Si sono occupati del fitorisanamento di terreni inquinati da arsenico: il metodo consiste nell’utilizzare piante iperaccumulatrici (nel loro caso Pteris Vittata, una felce di origine asiatica) in grado di assorbire il contaminante presente nel terreno.

Come raccontano i ragazzi: “Nei laboratori del CNR abbiamo trasferito le felci nel terreno contaminato e abbiamo effettuato prelievi a distanza di giorni per verificare il progressivo accumulo di arsenico“. E le analisi hanno dato dei risultati coerenti con le aspettative.

Abbiamo usufruito, sotto la supervisione dei ricercatori dell’ISS, di strumenti e laboratori per effettuare le analisi sui nostri campioni di felce; abbiamo visto che la presenza di arsenico aumenta con l’aumentare dei giorni e dalle analisi molecolari è risultato che, è presente nella felce il gene probabilmente responsabile dell’accumulo”.

 Il Progetto

Nel Comune di Vetralla, nel viterbese, i livelli di arsenico naturalmente presenti nel suolo destano preoccupazione, perché potrebbero mettere a rischio la salute pubblica attraverso gli alimenti e le acque potenzialmente contaminate.

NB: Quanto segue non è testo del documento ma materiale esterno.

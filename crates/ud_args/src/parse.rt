//! The parser of a command line: its plan, its input and its faults.

ghost use Rattle.std.specs.Prelude.{◌≡◌, ◌∷◌, [], None, Some, map, string_bytes, option_map, IfOk};
ghost use Rattle.std.specs.Prelude.{IfErr};
ghost use Rattle.ud_model.specs.answer.CommandLine.{ParsedArg, usage_fault, parsed_args};
ghost use Rattle.ud_model.specs.answer.CommandLine.{operand_in, input_of, display_name};
ghost use Rattle.ud_args.specs.ParsedSettings.{IsSetting, IsFaultOf, IsUsageOf};
ghost use Rattle.ud_args.specs.Plans.{IsPlanOf, as_operand};

use crate::command_line::CommandLine;
use crate::options::{Setting, parse_arg};
use crate::plans::{Plan, PlanDraft};
use crate::programs::Program;
use crate::usage::Usage;
use std::alloc::Global;

/// Parses the arguments of a command line, without the program's name, into the plan of a run.
///
/// Up to the first operand or `--`, an argument of `-` and more consists of option letters. An
/// option's own argument is the rest after its letter or, if that is empty, the whole next
/// argument. Memory is taken only for the symbols.
///
/// # Errors
/// The first fault in reading order: `UnknownOption`, `MissingArgument`, `BadSymbol`, `BadMode`, or
/// `TooManyFiles` for the argument after an operand.
///
/// `OutOfMemory` if an allocation fails while a symbol is added or the table is made. The arguments
/// up to some symbol then have no fault. Arguments without a valid `-D`, `-U` or `-i` before their
/// first fault never give this error.
///
/// (POSIX XBD 12.2, unifdef(1))
///
/// # Examples
/// ```rust
/// let args = [
///     String::from_str(alloc, "-bDA")?,
///     String::from_str(alloc, "in.c")?,
/// ];
/// let plan = plan(alloc, &args)?;
/// println!(rt; "blank: {}", plan.settings().blank)?;
/// println!(rt; "A is listed: {}", plan.symbols().find(b"A").is_some())?;
/// println!(rt; "operand: {:?}", plan.operand())?;
/// ```
/// ```text
/// blank: true
/// A is listed: true
/// operand: Some(1)
/// ```
pub fn plan(alloc: Global, args: &[String]) -> Result<Plan, Usage>
    ensures ok { IfOk result (IsPlanOf (map string_bytes args.now)) }
    ensures err { IfErr result (IsUsageOf (parsed_args (map string_bytes args.now))) }
{
    let mut draft = PlanDraft::new(alloc);
    let mut line = CommandLine::new(Program::Unifdef, args);
    'given: while let Some((given, after)) = line.next() {
        line = after;
        draft.apply(given)?;
    }
    draft.into_plan()
}

/// Returns the index of the operand that names a file, counted from 0 among the arguments.
///
/// Returns `None` if the arguments have a fault, if there is no operand, or if the operand is `-`,
/// the standard input. Takes no memory.
pub fn input_of(args: &[String]) -> Option<usize>
    ensures { result ≡ input_of (map string_bytes args.now) }
{
    match find_operand(args) {
        Ok(Some(operand)) => operand.file_index(),
        Ok(None) | Err(_) => None,
    }
}

/// Returns the input's name in messages: the operand, or `stdin` if there is none or it is `-`.
///
/// `plan` is the arguments' plan. Takes no memory.
pub fn display_name<'a>(plan: &Plan, args: &'a [String]) -> &'a [u8]
    ensures { IsPlanOf (map string_bytes args.now) plan.now →
        result.now ≡ display_name (map string_bytes args.now) }
{
    match operand_in(plan, args) {
        Some(operand) => operand.display_name(),
        None => b"stdin",
    }
}

/// Returns the operand of the arguments. `plan` is their plan.
fn operand_in<'a>(plan: &Plan, args: &'a [String]) -> Option<Operand<'a>>
    ensures { IsPlanOf (map string_bytes args.now) plan.now →
        option_map as_operand result ≡ operand_in (parsed_args (map string_bytes args.now)) }
{
    let index = plan.operand()?;
    let name = args.get(index)?.as_bytes();
    Some(Operand { index, name })
}

/// An operand of a command line.
#[derive(Clone, Copy)]
pub(crate) struct Operand<'a> {
    /// The index among the arguments, counted from 0.
    pub index: usize,
    /// The bytes of the operand, which may be empty.
    pub name: &'a [u8],
}

impl<'a> Operand<'a> {
    ghost use Rattle.ud_model.specs.answer.CommandLine.{is_stdin, file_index, name_or_stdin};

    /// Returns whether the operand is `-`, the standard input.
    fn is_stdin(&self) -> bool
        ensures { result ≡ is_stdin self.now.name.now }
    {
        self.name == b"-".as_slice()
    }

    /// Returns the index of an operand that names a file; `-` is the standard input.
    fn file_index(&self) -> Option<usize>
        ensures { result ≡ file_index (Some (as_operand self.now)) }
    {
        if self.is_stdin() {
            None
        } else {
            Some(self.index)
        }
    }

    /// Returns the operand's name in messages.
    fn display_name(&self) -> &'a [u8]
        ensures { result.now ≡ name_or_stdin (Some (as_operand self.now)) }
    {
        if self.is_stdin() { b"stdin" } else { self.name }
    }
}

/// Returns the operand of arguments without a fault. Takes no memory.
///
/// # Errors
/// The first fault in reading order, which is never `OutOfMemory`.
fn find_operand(args: &[String]) -> Result<Option<Operand<'_>>, Usage>
    ensures ok { IfOk result (λ o. (usage_fault (map string_bytes args.now) ≡ None)
        × (option_map as_operand o ≡ operand_in (parsed_args (map string_bytes args.now)))) }
    ensures err { IfErr result (IsFaultOf (usage_fault (map string_bytes args.now))) }
{
    let mut line = CommandLine::new(Program::Unifdef, args);
    let mut operand = None;
    'given: while let Some((given, after)) = line.next() {
        line = after;
        operand = as_operand(parse_arg(given, operand.is_some())?);
    }
    Ok(operand)
}

/// Returns the operand, if the setting is one.
fn as_operand(setting: Setting<'_>) -> Option<Operand<'_>>
    ensures { (g : ParsedArg) → IsSetting g setting.entry →
        option_map as_operand result ≡ operand_in (g ∷ []) }
{
    match setting {
        Setting::Operand { index, name } => Some(Operand { index, name }),
        Setting::Flag { .. } | Setting::Mode { .. } | Setting::Symbol { .. } => None,
    }
}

Il progetto proponeva quindi l’utilizzo di piante capaci di assorbire questo elemento.

Come dice Paolo: “Abbiamo affiancato i ricercatori nei loro laboratori. Inizialmente abbiamo trasferito le felci su un terreno contaminato da arsenico. Abbiamo poi prelevato le foglie a regolari intervalli di tempo in modo da verificare l’assorbimento dell’elemento”.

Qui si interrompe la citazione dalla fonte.